Nonpulsatile tinnitus is most commonly associated with hearing loss (often noise exposure) although there is a large component of tinnitus which is categorized as idiopathic. The incidence increases with an older population being as high as 12% in Men over 65 and it increases with lower income populations as compared to higher income populations. Patients with thyroid disorders, depression, diabetes, anemia, and other metabolic disorders may present with tinnitus. These conditions should be evaluated by history and often lab testing to identify their presence so treatment can be initiated.

Quite a few medications have tinnitus as a side effect. These include aspirin and other nonsteroidal anti-inflammatory medications, antibiotics, antidepressants, chemotherapy medications, quinine, and loop diuretics.

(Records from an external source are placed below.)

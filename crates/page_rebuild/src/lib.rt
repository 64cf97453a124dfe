//! A page, loaded from the chip into a frame: its unit's header, its base sectors and the log sectors
//! that name it are read, and nothing else; and then it is made anew, each slot by the last record that
//! counts there. It stands on `unit_log` for the log, on `unit_io` for the base page, and on
//! `page_ops` for what records make of a page and a frame. A contract sees the frame's values and
//! pending changes as what the chart says of the page.
//!
//! Proved, by `load`: a page loaded into a frame has the values of that page of whatever map the
//! chip stands for, and in each slot the change of the last record there of an active number is
//! pending. Where the tables mirror the chip, it fails only where a read failed, or with the exact
//! fault of the page: that of its base page, or where this reads well and a page has no room for its
//! values, whichever pending changes become values, a malformed header of its unit. It adds nothing
//! but reads of sectors from which the page may be rebuilt, at most 17 and one for each log sector
//! that has a record of the page. However it ends, what the story rested on and the tables that agreed
//! do so still. After a fault the frame is empty.
//!
//! Proved, by `rebuild`: the same of a page of a unit whose header and log were read before.
//!
//! Proved, by `load_laws`: nothing is wrong with a page exactly where it shows values for which, with
//! what is pending, a page has room.
#![tactic(auto)]

mod counting;
mod laws;
mod loading;
mod making;
mod pending;
mod taking;

pub use laws::load_laws;
pub use loading::{load, rebuild};
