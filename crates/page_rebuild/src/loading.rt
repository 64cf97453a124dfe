//! A page is read, and its unit's log.
ghost use Rattle.std.specs.Prelude.{◌≡◌, ◌≤◌, ◌<◌, length, slice_index, true, OnOk, OnErr};
ghost use Rattle.ipl_base.specs.declared.limits.TheConstants.{LIVE_SECTORS};
ghost use Rattle.ipl_meaning.specs.Legible.{Legible};
ghost use Rattle.ipl_format.specs.Page.{empty_page};
ghost use Rattle.ipl_meaning.specs.Chart.{chart_of};
ghost use Rattle.ipl_meaning.specs.Stands.{Stands};
ghost use Rattle.number_set.specs.Numbers.{among};
ghost use Rattle.unit_io.specs.Faults.{page_fault, TellsChipFault, HoldsPage, IsPageCause};
ghost use Rattle.unit_io.specs.Reads.{OfContents};
ghost use Rattle.unit_log.specs.Live.{SuitChip};
ghost use Rattle.page_ops.specs.Frames.{empty_frame, HasNonePending};
ghost use Rattle.page_rebuild.specs.Loaded.{
  IsLoaded,
  OfKnown,
  OfTables,
  HasPageOf,
  IsRebuildCause,
  MayReadBase,
  ReadsBase,
  LooksAtPage,
  load_fault,
};
ghost use Rattle.page_rebuild.specs.Keeps.{KeepsWhatRests};

use crate::taking::take_sectors;
use chip_trait::Chip;
use ipl_base::ChipFault;
use overflow::Overflow;
use page_ops::Frame;
use sector_format::Head;
use txn_status::Status;
use unit_directory::Directory;
use unit_io::read_page;
use unit_log::{LogSector, Scratch, UnitHead, read_page_log};

/// Reads the base sectors of a page (0 to 14) into a frame of which nothing is pending, as many as the
/// header of its unit says, at most 16. After a fault the frame's page is empty.
fn read_base<C: Chip>(
    chip: &mut C,
    place: u32,
    unit: u32,
    header: &UnitHead,
    page: u32,
    frame: &mut Frame,
) -> Result<(), ChipFault>
    requires base { MayReadBase (C.told chip.old) place page header.now }
    requires idle { HasNonePending frame.old }
    ensures exact { OfContents (C.told chip.old) (λ x. TellsChipFault
        (page_fault x place header.now.version unit header.now.generation page
        (slice_index header.now.pieces page)) result) }
    ensures page { OnOk result (OfContents (C.told chip.old) (λ x. HoldsPage (chart_of x)
        place header.now.version unit header.now.generation page (slice_index header.now.pieces page)
        frame.new.page)) }
    ensures empty { OnErr result (frame.new.page ≡ empty_page) }
    ensures pending { frame.new.pending ≡ frame.old.pending }
    ensures looks { ReadsBase place page (slice_index header.now.pieces page)
        (IsPageCause place page) result (C.told chip.old) (C.told chip.new) }
{
    let head = Head {
        kind: Head::DATA_HEADER,
        version: header.version,
        unit,
        generation: header.generation,
        serial: header.generation,
    };
    let pieces = u32::from(header.pieces[page as usize]);
    // What is loaded isn't written as it was read, so nobody asks what it brings into sums.
    let mut tails = [0; 16];
    read_page(
        chip,
        place,
        &head,
        page,
        pieces,
        frame.committed_mut(),
        &mut tails,
    )
}

/// Loads a page (0 to 14) into a frame, of a unit at this place whose header was read, and those of its
/// live log sectors, at most 31, that have a record of the page: all of them, by `unit_log::read_live`, or
/// no others. Only the base sectors of the page are read. Records of committed numbers become values; of
/// those of active numbers the last one on each slot is pending there. After a fault the frame is empty.
///
/// Fails where a read failed, the base page reads badly, or a page has no room for the values, whichever
/// pending changes become values, which is told as a malformed header.
pub fn rebuild<C: Chip>(
    chip: &mut C,
    place: u32,
    unit: u32,
    header: &UnitHead,
    sectors: &[LogSector],
    page: u32,
    status: &Status,
    active: &[u64],
    frame: &mut Frame,
) -> Result<(), ChipFault>
    requires base { MayReadBase (C.told chip.old) place page header.now }
    requires sectors { length sectors.now ≤ LIVE_SECTORS }
    ensures loads { OnOk result (OfKnown (C.told chip.old) place unit page header.now sectors.now
        status.now (λ x it. IsLoaded (chart_of x) it (among active.now) unit page frame.new)) }
    ensures fault { OfKnown (C.told chip.old) place unit page header.now sectors.now status.now
        (λ x it. TellsChipFault (load_fault x it (among active.now) unit page) result) }
    ensures empty { OnErr result (frame.new ≡ empty_frame) }
    ensures looks { ReadsBase place page (slice_index header.now.pieces page)
        (IsRebuildCause place page) result (C.told chip.old) (C.told chip.new) }
{
    frame.reset();
    read_base(chip, place, unit, header, page, frame)?;
    if !take_sectors(frame, page, sectors, status, active) {
        frame.reset();
        return Err(ChipFault::Malformed { place, sector: 0 });
    }
    Ok(())
}

/// Loads a page (0 to 14) into a frame. The unit's header is read, those of its live log sectors that
/// have a record of the page, and then the base sectors of the page. Records of committed numbers become
/// values; of those of active numbers the last one on each slot is pending there. What was in the frame
/// and in the scratch memory before is gone, however the call ends, and after a fault the frame is empty.
///
/// Where the tables mirror what the chip holds, it fails only where a read failed, the base page reads
/// badly, or a page has no room for the values, whichever pending changes become values, which is told
/// as a malformed header. Else it may find a sector malformed that isn't what the tables say.
pub fn load<C: Chip>(
    chip: &mut C,
    directory: &Directory,
    overflow: &Overflow,
    status: &Status,
    active: &[u64],
    unit: u32,
    page: u32,
    scratch: &mut Scratch,
    frame: &mut Frame,
) -> Result<(), ChipFault>
    requires unit { unit < length directory.now.current }
    requires suits { SuitChip (C.told chip.old).places directory.now overflow.now }
    requires page { page < 15 }

    // What the frame has then, and the exact fault, where the tables mirror what the chip holds.
    ensures loads { OnOk result (OfTables (C.told chip.old) directory.now overflow.now status.now
        (λ x it. IsLoaded (chart_of x) it (among active.now) unit page frame.new)) }
    ensures fault { OfTables (C.told chip.old) directory.now overflow.now status.now
        (λ x it. TellsChipFault (load_fault x it (among active.now) unit page) result) }
    ensures stands { OnOk result (OfTables (C.told chip.old) directory.now overflow.now status.now
        (λ x it. (m : Legible) → Stands (C.told chip.old).places (chart_of x) m
        → m.pages.reads unit page ≡ true → HasPageOf m.map unit page frame.new)) }
    ensures empty { OnErr result (frame.new ≡ empty_frame) }

    // What it reads, and why it fails.
    ensures looks { LooksAtPage unit page directory.now overflow.now status.now result
        (C.told chip.old) (C.told chip.new) }
    ensures keeps { KeepsWhatRests result (C.told chip.old) (C.told chip.new) }
{
    let place = directory.current(unit);
    let header = match read_page_log(chip, directory, overflow, unit, page, scratch) {
        Ok(header) => header,
        Err(fault) => {
            frame.reset();
            return Err(fault);
        }
    };
    rebuild(
        chip,
        place,
        unit,
        &header,
        scratch.sectors(),
        page,
        status,
        active,
        frame,
    )
}
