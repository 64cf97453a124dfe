//! A page, made anew: of the records of committed numbers on a slot only the last one is put.
ghost use Rattle.std.specs.Prelude.{◌≡◌, ◌<◌, [], ◌∷◌};
ghost use Rattle.std.specs.Bool.{OnTrue};
ghost use Rattle.ipl_base.specs.declared.limits.TheConstants.{VERSION};
ghost use Rattle.ipl_format.specs.Page.{IsPage};
ghost use Rattle.log_records.specs.Reading.{records_of};
ghost use Rattle.log_records.specs.View.{record_of};
ghost use Rattle.number_set.specs.Numbers.{among};
ghost use Rattle.unit_log.specs.Kept.{records_kept};
ghost use Rattle.page_rebuild.specs.Made.{AreAhead, AreRecordsPassed};

use log_records::{Payload, Record, records};
use page_ops::{Coming, apply_where_room};
use page_text::PageMap;
use txn_status::Status;
use unit_log::LogSector;

/// Whether a number is committed.
pub(crate) fn is_committed(status: &Status, tid: u64) -> bool
    ensures { result ≡ among status.now.numbers tid }
{
    status.is_committed(tid)
}

/// Passes a record, which is put where it is the last one on its slot of a committed number. Answers
/// whether the page had room.
fn pass_record(
    map: &mut PageMap,
    coming: &mut Coming,
    page: u32,
    logged: &Record,
    status: &Status,
) -> bool
    requires slot { logged.now.slot < 64 }
    requires ahead { AreAhead (among status.now.numbers) page (record_of logged.now ∷ [])
        coming.old map.old }
    ensures { AreRecordsPassed (among status.now.numbers) page (record_of logged.now ∷ [])
        coming.old map.old coming.new map.new result }
{
    if logged.page != page {
        return true;
    }
    if !is_committed(status, logged.tid) {
        return true;
    }
    if !coming.take(logged.slot) {
        return true;
    }
    apply_where_room(map, logged)
}

/// Passes the records of a payload, in order, and answers whether the page had room.
fn pass_payload(
    map: &mut PageMap,
    coming: &mut Coming,
    page: u32,
    payload: &Payload,
    status: &Status,
) -> bool
    requires { AreAhead (among status.now.numbers) page
        (records_of payload.now.version payload.now.bytes) coming.old map.old }
    ensures { AreRecordsPassed (among status.now.numbers) page
        (records_of payload.now.version payload.now.bytes)
        coming.old map.old coming.new map.new result }
{
    // The bytes are a list of records, so each slot is one of 64.
    let _ = payload.bytes();
    for logged in records(payload) {
        if !pass_record(map, coming, page, &logged, status) {
            return false;
        }
    }
    true
}

/// Passes the records of log sectors, in order, and answers whether the page had room.
pub(crate) fn pass_sectors(
    map: &mut PageMap,
    coming: &mut Coming,
    page: u32,
    sectors: &[LogSector],
    status: &Status,
) -> bool
    requires { AreAhead (among status.now.numbers) page (records_kept sectors.now)
        coming.old map.old }
    ensures passed { AreRecordsPassed (among status.now.numbers) page (records_kept sectors.now)
        coming.old map.old coming.new map.new result }
    ensures page { OnTrue result (IsPage VERSION map.new) }
{
    for sector in sectors {
        if !pass_payload(map, coming, page, &sector.payload, status) {
            return false;
        }
    }
    let _ = map.text();
    true
}
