//! Which log sectors of a unit name a page.
ghost use Rattle.std.specs.Prelude.{◌≡◌, ◌≤◌, ◌<◌, ◌++◌, ℕ, length, map, slice_index, [], All};
ghost use Rattle.ipl_base.specs.declared.limits.TheConstants.{LIVE_SECTORS};
ghost use Rattle.ipl_meaning.specs.Masks.{has_page, mask_of};
ghost use Rattle.ipl_meaning.specs.Tables.{masks_in};
ghost use Rattle.log_records.specs.Reading.{records_of};
ghost use Rattle.overflow.specs.Lists.{pair_of, spots_in, masks_at, AreWithin};
ghost use Rattle.unit_log.specs.Paged.{home_with, listed_with, page_spots};

use arrayvec::ArrayVec;
use ipl_base::{FIRST_LOG_SECTOR, LIVE_SECTORS, SECTORS, Spot};
use log_records::{Payload, records};
use overflow::Overflow;
use unit_directory::Directory;

/// Which pages the records of a log sector name: bit p is page p's.
pub fn mask_of(payload: &Payload) -> u16
    ensures { result ≡ mask_of (records_of payload.now.version payload.now.bytes) }
{
    // The bytes are a list of records, so each page is one of 15.
    let _ = payload.bytes();
    let mut mask = 0;
    for logged in records(payload) {
        mask |= 1 << logged.page;
    }
    mask
}

/// Whether a mask has a page (0 to 14).
fn has_page(mask: u16, page: u32) -> bool
    requires { page < 15 }
    ensures { result ≡ has_page mask page }
{
    (mask >> page) & 1 == 1
}

/// Puts those log sectors at the unit's place among the spots that name the page.
fn add_home(spots: &mut ArrayVec<Spot, LIVE_SECTORS>, directory: &Directory, unit: u32, page: u32)
    requires unit { unit < length directory.now.current }
    requires page { page < 15 }
    requires none { spots.old.items ≡ [] }
    ensures spots { map pair_of spots.new.items
        ≡ home_with page (slice_index directory.now.current unit) (masks_in directory.now unit) }
    ensures few { length spots.new.items ≤ 15 }
{
    let place = directory.current(unit);
    for sector in FIRST_LOG_SECTOR..SECTORS {
        if has_page(directory.mask(unit, sector), page) {
            spots.push(Spot { place, sector });
        }
    }
}

/// Puts those of its spots in overflow places among them.
fn add_listed(spots: &mut ArrayVec<Spot, LIVE_SECTORS>, overflow: &Overflow, unit: u32, page: u32)
    requires unit { unit < length overflow.now.spots }
    requires page { page < 15 }
    requires few { length spots.old.items ≤ 15 }
    ensures spots { map pair_of spots.new.items ≡ map pair_of spots.old.items
        ++ listed_with page (spots_in overflow.now unit) (masks_at overflow.now unit) }
    ensures few { length spots.new.items ≤ LIVE_SECTORS }
    ensures within { AreWithin overflow.now.places (spots_in overflow.now unit) }
{
    let all = overflow.list(unit);
    let listed = all.as_slice();
    let all_masks = overflow.masks(unit);
    let masks = all_masks.as_slice();
    for i in 0..listed.len() {
        if has_page(masks[i], page) {
            spots.push(listed[i]);
        }
    }
}

/// Where the log sectors of the unit stand that have a record of the page, by the tables.
pub(crate) fn page_spots(
    directory: &Directory,
    overflow: &Overflow,
    unit: u32,
    page: u32,
) -> ArrayVec<Spot, LIVE_SECTORS>
    requires unit { unit < length directory.now.current }
    requires units { length overflow.now.spots ≡ length directory.now.current }
    requires sized { overflow.now.places ≡ length directory.now.in_use }
    requires page { page < 15 }
    ensures spots { map pair_of result.items ≡ page_spots directory.now overflow.now unit page }
    ensures few { length result.items ≤ LIVE_SECTORS }
    ensures within { AreWithin (length directory.now.in_use)
        (page_spots directory.now overflow.now unit page) }
{
    directory.facts();
    let mut spots = ArrayVec::new();
    add_home(&mut spots, directory, unit, page);
    add_listed(&mut spots, overflow, unit, page);
    spots
}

Treatment of nonpulsatile tinnitus depends on the identified cause. If patients have hearing loss, hearing aids and in some cases cochlear implantation may aid in tinnitus resolution. Studies have shown significant improvement in some patients with tricyclic antidepressants while herbal treatments such as Gingko biloba were ineffective. Management of patients metabolic disorders, thyroid disorders, and anemia are all associated with improvement of tinnitus.

Pulsatile tinnitus is often idiopathic however the single most identifiable cause is Benign Intracranial Hypertension. BIH is typically identified in young obese females and is associated with symptoms such as headache, dizziness, aural fullness and visual disturbance. These patients usually don't have hydrocephalus or neurologic deficits and show improvement with the administration of Diamox.

Glomus tumors , vascular malformations, and carotid artery stenosis are additional sources of pulsatile tinnitus. These abnormalities are typically evaluated with vascular studies such as angiogram, MRA, CT angiogram and carotid doppler. They are managed according to their location and identity with treatments such as surgical removal, embolization, or repair of carotid stenosis.

Palatal myoclonus is a condition were the muscles of the soft palate (tensor veli palatini, levator palatini)begin to spasm and pull on the eustachian tube orifice. This results in an audible "clicking" which can be quite distressing for patients. The clicking can often be heard by others in observance. Treatment of palatal myoclonus involves management with anxiolytics, anticonvulsants, and Botulinum toxin.

In summary, the causes of pulsatile and nonpulsatile tinnitus can be quite varied requiring many methods of evaluation and management. Often there is no suitable treatment of cure however for those that can be helped treatment can be life changing.